Finance

Sri Lanka Treasury phishing fraud probed by CoPF

Sri Lanka Treasury phishing fraud came under fresh scrutiny at the Parliament’s Committee on Public Finance (CoPF) after lawmakers were told that three overseas correspondent banks rejected fraudulent government debt payments before scammers eventually succeeded in diverting part of a wider US$2.5 million fraud.


Sri Lanka Treasury phishing fraud exposed after overseas banks flagged suspicious payments


Proceedings before the Committee revealed that correspondent banks in the United States, the United Arab Emirates (UAE), and Vietnam detected irregularities and returned a fraudulent US$1.3 million debt payment that had been intended for Export Finance Australia. Despite the repeated warnings, fraudsters allegedly managed to provide revised payment instructions that ultimately enabled part of the wider phishing scam to succeed.

According to evidence presented before the Committee on Public Finance, the payment was initially routed through correspondent banks in Minnesota (US), Dubai, and Vietnam, with each institution rejecting the transfer after identifying anomalies in the transaction.

Committee members heard that after every rejected payment, officials from the Public Debt Management Office (PDMO) sought clarification using what they believed were legitimate communication channels with the lender. However, investigators said the officials were unknowingly communicating with the fraudsters, who repeatedly supplied new payment instructions until a later transfer was processed successfully.

The hearing also examined the role of the Central Bank of Sri Lanka (CBSL) during the failed payment attempts. Officials from the Central Bank of Sri Lanka told lawmakers that, in its capacity as banker to the Government, it informed the Treasury each time the payment was rejected and returned by correspondent banks.

However, CBSL officials maintained that they had no statutory obligation under the Financial Transactions Reporting Act (FTRA) to submit a Suspicious Transaction Report to the Financial Intelligence Unit (FIU).

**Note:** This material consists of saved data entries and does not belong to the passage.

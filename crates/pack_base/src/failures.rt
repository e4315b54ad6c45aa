//! The calls of an object in memory that are to fail, by their numbers from 1.
ghost use Rattle.std.specs.Prelude.{◌≡◌, ◌++◌, ◌∷◌, [], ◌↔◌, None, Some, IsTrue, OnOk, OnErr};

use pack_model::Memory;
use std::alloc::Global;

/// The numbers of the calls that are to fail, the one from which all calls are to fail, and how many calls were
/// made. That count stays at 2^64 - 1.
#[derive(Drop)]
pub struct Failures {
    pub numbers: Vec<u64>,
    pub from: Option<u64>,
    pub made: u64,
}

impl Failures {
    ghost use Rattle.pack_base.specs.Failures.{IsFrom, IsNextCall, IsNextListed, earlier};

    pub fn new(alloc: Global) -> Failures
        ensures numbers { result.numbers.items ≡ [] }
        ensures from { result.from ≡ None }
        ensures made { result.made ≡ 0 }
    {
        Failures {
            numbers: Vec::new(alloc),
            from: None,
            made: 0,
        }
    }

    /// Lets the call of this number fail.
    pub fn list(&mut self, number: u64) -> Result<(), Memory>
        ensures ok { OnOk result (self.new.numbers.items ≡ self.old.numbers.items ++ number ∷ []) }
        ensures err { OnErr result (self.new.numbers.items ≡ self.old.numbers.items) }
        ensures from { self.new.from ≡ self.old.from }
        ensures made { self.new.made ≡ self.old.made }
    {
        self.numbers.push(number)?;
        Ok(())
    }

    /// Lets each call from this number on fail.
    pub fn list_from(&mut self, number: u64)
        ensures from { self.new.from ≡ Some (earlier self.old.from number) }
        ensures numbers { self.new.numbers.items ≡ self.old.numbers.items }
        ensures made { self.new.made ≡ self.old.made }
    {
        let from = match self.from {
            Some(from) => from.min(number),
            None => number,
        };
        self.from = Some(from);
    }

    /// Whether all calls from the last one on are to fail.
    fn is_from(&self) -> bool
        ensures { IsTrue result ↔ IsFrom self.now.from self.now.made }
    {
        match self.from {
            Some(from) => from <= self.made,
            None => false,
        }
    }

    /// Counts a call, and says whether it is to fail.
    pub fn next_fails(&mut self) -> bool
        ensures listed { IsTrue result ↔ IsNextListed self.old }
        ensures next { IsNextCall self.old self.new }
    {
        self.made = self.made.saturating_add(1);
        self.numbers.contains(&self.made) || self.is_from()
    }
}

Officials from the FIU supported that interpretation during the hearing, explaining that the CBSL is not classified as an “institution” required to report suspicious transactions under Section 7 of the Financial Transactions Reporting Act. They noted that the legislation is primarily designed to address suspected money laundering and terrorist financing, adding that there was no reasonable basis to suspect the Government, as the payer, of engaging in unlawful financial activity.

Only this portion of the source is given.